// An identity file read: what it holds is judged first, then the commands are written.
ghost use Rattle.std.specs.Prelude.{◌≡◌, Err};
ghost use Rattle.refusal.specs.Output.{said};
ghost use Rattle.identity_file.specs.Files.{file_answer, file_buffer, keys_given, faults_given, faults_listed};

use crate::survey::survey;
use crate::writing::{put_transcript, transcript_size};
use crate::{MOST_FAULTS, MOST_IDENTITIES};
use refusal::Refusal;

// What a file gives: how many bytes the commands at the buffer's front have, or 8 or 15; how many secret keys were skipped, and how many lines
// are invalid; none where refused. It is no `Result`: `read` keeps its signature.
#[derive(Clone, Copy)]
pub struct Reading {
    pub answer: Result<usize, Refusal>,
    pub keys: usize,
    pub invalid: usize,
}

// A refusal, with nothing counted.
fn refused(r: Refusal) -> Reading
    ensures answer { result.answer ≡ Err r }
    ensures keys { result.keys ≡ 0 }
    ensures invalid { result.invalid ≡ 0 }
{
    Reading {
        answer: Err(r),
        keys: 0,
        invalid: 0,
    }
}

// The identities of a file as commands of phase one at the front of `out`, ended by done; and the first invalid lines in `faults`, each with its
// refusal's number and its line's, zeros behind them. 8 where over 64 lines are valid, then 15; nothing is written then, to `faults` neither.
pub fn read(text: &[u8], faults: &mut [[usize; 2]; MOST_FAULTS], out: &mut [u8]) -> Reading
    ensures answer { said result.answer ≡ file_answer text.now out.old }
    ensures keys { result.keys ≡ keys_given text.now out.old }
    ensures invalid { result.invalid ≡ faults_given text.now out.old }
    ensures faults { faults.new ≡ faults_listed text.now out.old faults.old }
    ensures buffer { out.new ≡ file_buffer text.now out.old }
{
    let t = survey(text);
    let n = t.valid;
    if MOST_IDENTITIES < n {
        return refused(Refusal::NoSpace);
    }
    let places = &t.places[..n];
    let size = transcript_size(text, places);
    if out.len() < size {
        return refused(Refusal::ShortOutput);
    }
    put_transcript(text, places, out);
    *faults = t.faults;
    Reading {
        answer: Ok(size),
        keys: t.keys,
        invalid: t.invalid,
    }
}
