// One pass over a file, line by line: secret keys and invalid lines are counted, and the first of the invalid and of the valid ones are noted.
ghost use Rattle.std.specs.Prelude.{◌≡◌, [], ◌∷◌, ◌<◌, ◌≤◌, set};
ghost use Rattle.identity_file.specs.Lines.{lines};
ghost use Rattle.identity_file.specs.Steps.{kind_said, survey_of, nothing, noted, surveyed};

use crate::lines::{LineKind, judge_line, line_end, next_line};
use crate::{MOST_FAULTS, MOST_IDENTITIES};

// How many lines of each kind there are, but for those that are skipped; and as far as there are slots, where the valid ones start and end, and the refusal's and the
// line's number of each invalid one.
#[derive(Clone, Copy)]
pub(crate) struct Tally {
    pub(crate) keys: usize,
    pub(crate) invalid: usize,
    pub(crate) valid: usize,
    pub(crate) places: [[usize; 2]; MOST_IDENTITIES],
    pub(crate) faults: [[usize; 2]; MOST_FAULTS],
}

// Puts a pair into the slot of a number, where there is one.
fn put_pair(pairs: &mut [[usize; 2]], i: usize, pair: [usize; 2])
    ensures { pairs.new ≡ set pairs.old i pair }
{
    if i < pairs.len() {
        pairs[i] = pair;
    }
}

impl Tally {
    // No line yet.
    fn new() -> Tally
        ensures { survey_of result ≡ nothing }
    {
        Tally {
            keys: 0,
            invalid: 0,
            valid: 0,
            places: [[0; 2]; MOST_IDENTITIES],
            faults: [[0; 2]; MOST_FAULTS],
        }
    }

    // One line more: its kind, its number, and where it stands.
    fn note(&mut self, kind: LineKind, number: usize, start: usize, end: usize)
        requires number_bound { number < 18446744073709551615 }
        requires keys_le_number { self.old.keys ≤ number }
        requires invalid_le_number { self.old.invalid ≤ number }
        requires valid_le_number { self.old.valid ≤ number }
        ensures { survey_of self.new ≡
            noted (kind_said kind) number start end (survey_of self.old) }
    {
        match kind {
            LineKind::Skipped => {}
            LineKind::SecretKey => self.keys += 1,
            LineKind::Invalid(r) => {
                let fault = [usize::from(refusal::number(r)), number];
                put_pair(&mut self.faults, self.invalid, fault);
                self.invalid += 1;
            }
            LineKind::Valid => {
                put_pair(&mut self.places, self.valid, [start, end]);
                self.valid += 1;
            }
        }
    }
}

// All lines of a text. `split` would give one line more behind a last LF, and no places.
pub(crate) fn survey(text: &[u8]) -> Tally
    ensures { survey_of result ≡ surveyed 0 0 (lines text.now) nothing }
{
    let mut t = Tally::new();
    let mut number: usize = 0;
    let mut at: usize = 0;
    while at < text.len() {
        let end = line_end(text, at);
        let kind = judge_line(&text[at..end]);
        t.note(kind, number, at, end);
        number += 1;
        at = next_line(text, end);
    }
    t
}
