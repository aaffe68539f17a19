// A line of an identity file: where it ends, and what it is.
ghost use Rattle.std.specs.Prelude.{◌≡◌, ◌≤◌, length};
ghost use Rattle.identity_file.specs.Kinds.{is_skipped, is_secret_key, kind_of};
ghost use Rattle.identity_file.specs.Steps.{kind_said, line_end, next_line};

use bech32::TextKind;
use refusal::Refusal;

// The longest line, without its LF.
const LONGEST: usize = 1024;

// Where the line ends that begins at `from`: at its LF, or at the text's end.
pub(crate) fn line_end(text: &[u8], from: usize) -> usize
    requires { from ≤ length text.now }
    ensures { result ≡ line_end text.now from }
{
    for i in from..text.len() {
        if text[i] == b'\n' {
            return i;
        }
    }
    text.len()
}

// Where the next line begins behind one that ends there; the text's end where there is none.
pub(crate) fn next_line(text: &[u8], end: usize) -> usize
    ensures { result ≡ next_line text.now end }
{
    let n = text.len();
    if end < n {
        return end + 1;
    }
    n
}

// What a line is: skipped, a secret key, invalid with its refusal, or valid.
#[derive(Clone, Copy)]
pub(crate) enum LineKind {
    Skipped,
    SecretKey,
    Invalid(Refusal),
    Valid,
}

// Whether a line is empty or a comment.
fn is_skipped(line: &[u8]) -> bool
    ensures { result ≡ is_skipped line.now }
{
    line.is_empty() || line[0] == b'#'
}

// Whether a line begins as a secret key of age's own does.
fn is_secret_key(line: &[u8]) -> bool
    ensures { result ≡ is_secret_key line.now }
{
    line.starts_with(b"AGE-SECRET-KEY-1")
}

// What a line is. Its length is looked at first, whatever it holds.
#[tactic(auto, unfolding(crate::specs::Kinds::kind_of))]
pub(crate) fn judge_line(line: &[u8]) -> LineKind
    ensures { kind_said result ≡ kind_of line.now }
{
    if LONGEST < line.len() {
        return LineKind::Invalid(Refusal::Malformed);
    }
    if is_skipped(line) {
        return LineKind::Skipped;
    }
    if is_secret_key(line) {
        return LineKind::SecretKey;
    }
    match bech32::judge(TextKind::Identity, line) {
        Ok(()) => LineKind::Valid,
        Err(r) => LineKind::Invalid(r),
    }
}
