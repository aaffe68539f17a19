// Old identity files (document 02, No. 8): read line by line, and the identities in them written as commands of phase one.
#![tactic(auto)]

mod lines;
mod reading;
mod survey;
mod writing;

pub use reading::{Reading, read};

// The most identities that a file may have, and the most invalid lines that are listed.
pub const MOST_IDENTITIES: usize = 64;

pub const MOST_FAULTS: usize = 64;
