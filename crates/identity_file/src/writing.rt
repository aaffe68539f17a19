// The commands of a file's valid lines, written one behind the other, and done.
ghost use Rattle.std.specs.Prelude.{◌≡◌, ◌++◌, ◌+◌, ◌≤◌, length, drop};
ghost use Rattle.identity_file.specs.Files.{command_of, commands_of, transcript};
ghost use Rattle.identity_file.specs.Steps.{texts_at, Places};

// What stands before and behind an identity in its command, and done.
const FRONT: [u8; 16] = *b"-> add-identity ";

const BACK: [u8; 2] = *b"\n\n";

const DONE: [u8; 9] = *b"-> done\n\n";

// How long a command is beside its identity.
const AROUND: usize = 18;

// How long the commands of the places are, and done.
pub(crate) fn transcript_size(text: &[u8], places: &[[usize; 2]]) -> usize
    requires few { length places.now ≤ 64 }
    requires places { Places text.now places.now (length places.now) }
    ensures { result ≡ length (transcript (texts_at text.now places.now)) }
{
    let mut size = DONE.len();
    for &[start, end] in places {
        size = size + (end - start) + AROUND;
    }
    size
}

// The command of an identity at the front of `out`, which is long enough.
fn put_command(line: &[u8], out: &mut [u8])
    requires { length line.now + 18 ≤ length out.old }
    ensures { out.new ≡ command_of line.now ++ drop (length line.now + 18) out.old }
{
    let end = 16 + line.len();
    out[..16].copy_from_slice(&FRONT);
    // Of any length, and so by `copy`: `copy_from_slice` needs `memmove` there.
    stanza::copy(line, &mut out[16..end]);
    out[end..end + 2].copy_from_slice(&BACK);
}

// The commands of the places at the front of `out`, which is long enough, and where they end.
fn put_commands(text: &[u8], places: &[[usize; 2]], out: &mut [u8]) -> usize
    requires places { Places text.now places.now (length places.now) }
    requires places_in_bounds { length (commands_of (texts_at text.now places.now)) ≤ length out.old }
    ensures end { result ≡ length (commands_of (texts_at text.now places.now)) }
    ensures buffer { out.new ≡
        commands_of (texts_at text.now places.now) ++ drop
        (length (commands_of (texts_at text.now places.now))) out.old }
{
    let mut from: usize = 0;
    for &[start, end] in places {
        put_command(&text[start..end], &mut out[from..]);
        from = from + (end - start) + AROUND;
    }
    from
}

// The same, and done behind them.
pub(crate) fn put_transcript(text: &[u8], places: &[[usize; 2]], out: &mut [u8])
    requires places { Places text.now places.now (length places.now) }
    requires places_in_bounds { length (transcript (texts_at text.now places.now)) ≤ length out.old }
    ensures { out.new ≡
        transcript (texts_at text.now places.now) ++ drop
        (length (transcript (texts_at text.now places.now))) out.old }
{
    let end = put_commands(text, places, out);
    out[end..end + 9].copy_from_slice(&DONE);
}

● WORK TASK:
State how many lines in the listing above contain the word "tactic", giving only the number.

● EXPECTED OUTPUT:
2